▶ [What needs to be done]:
Quote the entries below from the line with "asks for these" through the line with "is masked by", both ends included, and only those lines.

▶ [Stored items]:
-- -- --

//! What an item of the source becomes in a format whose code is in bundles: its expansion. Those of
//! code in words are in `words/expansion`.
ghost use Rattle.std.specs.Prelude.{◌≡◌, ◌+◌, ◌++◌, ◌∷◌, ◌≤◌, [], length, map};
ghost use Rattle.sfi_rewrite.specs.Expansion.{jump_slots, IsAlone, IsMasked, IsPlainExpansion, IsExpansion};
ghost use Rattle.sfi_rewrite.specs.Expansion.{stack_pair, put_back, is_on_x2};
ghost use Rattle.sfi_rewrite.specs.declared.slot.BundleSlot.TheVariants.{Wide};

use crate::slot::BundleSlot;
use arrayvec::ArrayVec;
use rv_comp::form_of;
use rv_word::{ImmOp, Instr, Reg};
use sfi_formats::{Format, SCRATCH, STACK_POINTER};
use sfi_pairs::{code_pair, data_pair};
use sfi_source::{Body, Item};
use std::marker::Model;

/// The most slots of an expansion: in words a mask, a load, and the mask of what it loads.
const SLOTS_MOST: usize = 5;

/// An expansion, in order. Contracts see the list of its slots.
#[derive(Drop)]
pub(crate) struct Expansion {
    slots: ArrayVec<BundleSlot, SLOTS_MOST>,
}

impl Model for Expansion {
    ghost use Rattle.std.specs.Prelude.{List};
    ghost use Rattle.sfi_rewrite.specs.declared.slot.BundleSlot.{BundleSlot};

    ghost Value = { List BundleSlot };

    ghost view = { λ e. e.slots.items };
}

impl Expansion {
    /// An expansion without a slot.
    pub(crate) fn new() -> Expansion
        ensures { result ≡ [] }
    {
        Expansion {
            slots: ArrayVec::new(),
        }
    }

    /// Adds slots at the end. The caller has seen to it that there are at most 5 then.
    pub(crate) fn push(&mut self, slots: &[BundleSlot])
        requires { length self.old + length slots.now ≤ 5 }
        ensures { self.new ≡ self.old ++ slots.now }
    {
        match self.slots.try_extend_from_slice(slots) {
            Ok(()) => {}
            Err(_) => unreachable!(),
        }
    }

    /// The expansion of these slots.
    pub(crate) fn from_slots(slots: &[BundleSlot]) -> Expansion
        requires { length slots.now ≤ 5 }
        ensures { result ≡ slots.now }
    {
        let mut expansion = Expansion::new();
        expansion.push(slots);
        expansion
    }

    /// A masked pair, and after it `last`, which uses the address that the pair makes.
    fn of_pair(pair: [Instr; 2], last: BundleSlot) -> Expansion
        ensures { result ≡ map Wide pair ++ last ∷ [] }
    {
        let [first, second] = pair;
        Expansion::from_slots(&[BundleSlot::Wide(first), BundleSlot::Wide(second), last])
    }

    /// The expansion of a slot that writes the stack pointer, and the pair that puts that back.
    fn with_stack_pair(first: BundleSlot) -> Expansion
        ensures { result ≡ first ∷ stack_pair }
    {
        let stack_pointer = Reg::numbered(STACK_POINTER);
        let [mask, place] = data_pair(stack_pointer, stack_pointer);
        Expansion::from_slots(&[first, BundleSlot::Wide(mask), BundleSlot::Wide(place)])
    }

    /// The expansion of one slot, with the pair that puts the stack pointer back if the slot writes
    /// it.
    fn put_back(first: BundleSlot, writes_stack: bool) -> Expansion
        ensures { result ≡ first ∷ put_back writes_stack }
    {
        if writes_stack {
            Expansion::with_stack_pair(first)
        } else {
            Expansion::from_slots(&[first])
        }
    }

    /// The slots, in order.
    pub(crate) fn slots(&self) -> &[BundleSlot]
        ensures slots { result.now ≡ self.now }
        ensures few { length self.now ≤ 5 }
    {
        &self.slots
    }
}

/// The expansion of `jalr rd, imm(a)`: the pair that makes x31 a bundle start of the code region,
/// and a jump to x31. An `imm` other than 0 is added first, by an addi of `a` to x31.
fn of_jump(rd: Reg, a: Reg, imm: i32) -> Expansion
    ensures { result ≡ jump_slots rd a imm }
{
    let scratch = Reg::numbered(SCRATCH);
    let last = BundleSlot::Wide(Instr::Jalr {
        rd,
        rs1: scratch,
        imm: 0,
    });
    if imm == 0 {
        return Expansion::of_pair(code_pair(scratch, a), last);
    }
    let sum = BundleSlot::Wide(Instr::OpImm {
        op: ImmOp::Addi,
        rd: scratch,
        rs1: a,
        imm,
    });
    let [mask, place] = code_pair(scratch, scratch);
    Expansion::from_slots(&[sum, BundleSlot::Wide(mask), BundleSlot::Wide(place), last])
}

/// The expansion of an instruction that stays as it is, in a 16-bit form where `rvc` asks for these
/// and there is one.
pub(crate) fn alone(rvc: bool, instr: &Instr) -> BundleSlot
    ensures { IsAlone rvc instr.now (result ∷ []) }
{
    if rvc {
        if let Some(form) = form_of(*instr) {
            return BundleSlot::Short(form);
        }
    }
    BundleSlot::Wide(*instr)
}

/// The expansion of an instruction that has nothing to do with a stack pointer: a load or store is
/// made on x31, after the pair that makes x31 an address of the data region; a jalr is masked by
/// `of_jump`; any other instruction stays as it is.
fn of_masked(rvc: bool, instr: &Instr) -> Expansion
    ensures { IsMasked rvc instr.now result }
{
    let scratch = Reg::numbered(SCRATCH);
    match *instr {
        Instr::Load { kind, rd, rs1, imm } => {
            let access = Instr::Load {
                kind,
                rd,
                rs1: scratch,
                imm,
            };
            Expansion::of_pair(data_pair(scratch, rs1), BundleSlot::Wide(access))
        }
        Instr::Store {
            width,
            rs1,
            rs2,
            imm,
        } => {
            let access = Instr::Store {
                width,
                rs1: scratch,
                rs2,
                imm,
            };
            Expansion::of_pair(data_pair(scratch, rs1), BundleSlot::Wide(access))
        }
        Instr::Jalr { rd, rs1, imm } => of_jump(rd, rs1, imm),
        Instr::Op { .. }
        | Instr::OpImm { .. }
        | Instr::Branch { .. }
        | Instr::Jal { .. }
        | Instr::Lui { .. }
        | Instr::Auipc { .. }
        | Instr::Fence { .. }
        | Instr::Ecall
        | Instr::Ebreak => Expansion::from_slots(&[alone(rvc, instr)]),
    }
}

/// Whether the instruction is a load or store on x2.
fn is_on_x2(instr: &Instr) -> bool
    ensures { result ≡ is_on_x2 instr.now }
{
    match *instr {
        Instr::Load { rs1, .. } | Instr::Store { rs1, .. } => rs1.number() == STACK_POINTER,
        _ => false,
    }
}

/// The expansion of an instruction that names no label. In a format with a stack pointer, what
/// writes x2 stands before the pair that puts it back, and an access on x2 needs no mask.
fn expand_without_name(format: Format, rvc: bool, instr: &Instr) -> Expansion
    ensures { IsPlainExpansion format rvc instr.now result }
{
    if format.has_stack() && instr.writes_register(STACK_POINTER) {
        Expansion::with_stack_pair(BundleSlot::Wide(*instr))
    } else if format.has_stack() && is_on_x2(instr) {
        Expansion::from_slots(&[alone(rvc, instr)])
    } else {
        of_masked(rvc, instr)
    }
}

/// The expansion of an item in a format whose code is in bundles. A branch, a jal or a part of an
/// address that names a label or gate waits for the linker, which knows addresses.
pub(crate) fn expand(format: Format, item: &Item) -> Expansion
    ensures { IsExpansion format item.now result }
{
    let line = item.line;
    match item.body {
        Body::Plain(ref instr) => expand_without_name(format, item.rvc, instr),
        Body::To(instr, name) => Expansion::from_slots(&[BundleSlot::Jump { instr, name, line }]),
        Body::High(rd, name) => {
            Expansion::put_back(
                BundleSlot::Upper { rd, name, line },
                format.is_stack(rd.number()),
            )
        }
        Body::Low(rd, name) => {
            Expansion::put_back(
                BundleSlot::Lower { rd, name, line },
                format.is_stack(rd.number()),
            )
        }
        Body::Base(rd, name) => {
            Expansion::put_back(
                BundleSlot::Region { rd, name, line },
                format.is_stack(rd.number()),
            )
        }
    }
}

-- -- --

▶ [Result]:
/// The expansion of an instruction that stays as it is, in a 16-bit form where `rvc` asks for these
/// and there is one.
pub(crate) fn alone(rvc: bool, instr: &Instr) -> BundleSlot
    ensures { IsAlone rvc instr.now (result ∷ []) }
{
    if rvc {
        if let Some(form) = form_of(*instr) {
            return BundleSlot::Short(form);
        }
    }
    BundleSlot::Wide(*instr)
}

/// The expansion of an instruction that has nothing to do with a stack pointer: a load or store is
/// made on x31, after the pair that makes x31 an address of the data region; a jalr is masked by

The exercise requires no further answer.